** Records provided follows **

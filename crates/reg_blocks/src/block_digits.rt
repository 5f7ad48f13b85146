//! The digits of blocks, written in place.
ghost use Rattle.std.specs.Prelude.{◌≡◌};
ghost use Rattle.reg_blocks.specs.Digits.{block_text};

use crate::block::Block;
use crate::digits::upper_digit;
use std::marker::Model;

/// The digits of an MA-S, whose prefix is longest.
const MOST_DIGITS: usize = 9;

/// The hexadecimal digits of a block's prefix, in upper case.
#[derive(Drop)]
pub struct BlockDigits {
    digits: [u8; MOST_DIGITS],
    count: usize,
}

impl Model for BlockDigits {
    ghost use Rattle.std.specs.Prelude.{ℕ, ◌≤◌, List, take};

    ghost Value = { List ℕ };

    ghost view = { λ d. take d.count d.digits };

    ghost invariant = { λ d. d.count ≤ 9 };
}

impl BlockDigits {
    /// The digits of this block, leading zeros included.
    pub fn of(block: &Block) -> BlockDigits
        ensures { result ≡ block_text block.now }
    {
        let count = block.size().digit_count();
        let prefix = block.prefix();
        let mut digits = [b'0'; MOST_DIGITS];
        for place in 0..count {
            let left = count - 1 - place;
            digits[place] = upper_digit((prefix >> (4 * left)) % 16);
        }
        BlockDigits { digits, count }
    }

    /// The digits.
    pub fn as_slice(&self) -> &[u8]
        ensures { result.now ≡ self.now }
    {
        &self.digits[..self.count]
    }
}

** End of Records provided **

# Task brief
Nothing may be dropped or altered; repeat every record in full.

# The answer
filename crates/reg_blocks/src/block_digits.rt
repository 5f7ad48f13b85146
//! The digits of blocks, written in place.
ghost use Rattle.std.specs.Prelude.{◌≡◌};
ghost use Rattle.reg_blocks.specs.Digits.{block_text};

use crate::block::Block;
use crate::digits::upper_digit;
use std::marker::Model;

/// The digits of an MA-S, whose prefix is longest.
const MOST_DIGITS: usize = 9;

/// The hexadecimal digits of a block's prefix, in upper case.
#[derive(Drop)]
pub struct BlockDigits {
    digits: [u8; MOST_DIGITS],
    count: usize,
}

impl Model for BlockDigits {
    ghost use Rattle.std.specs.Prelude.{ℕ, ◌≤◌, List, take};

    ghost Value = { List ℕ };

    ghost view = { λ d. take d.count d.digits };

    ghost invariant = { λ d. d.count ≤ 9 };
}

impl BlockDigits {
    /// The digits of this block, leading zeros included.
    pub fn of(block: &Block) -> BlockDigits
        ensures { result ≡ block_text block.now }
    {
        let count = block.size().digit_count();
        let prefix = block.prefix();
        let mut digits = [b'0'; MOST_DIGITS];
        for place in 0..count {
            let left = count - 1 - place;
            digits[place] = upper_digit((prefix >> (4 * left)) % 16);
        }
        BlockDigits { digits, count }
    }

    /// The digits.
    pub fn as_slice(&self) -> &[u8]
        ensures { result.now ≡ self.now }
    {
        &self.digits[..self.count]
    }
}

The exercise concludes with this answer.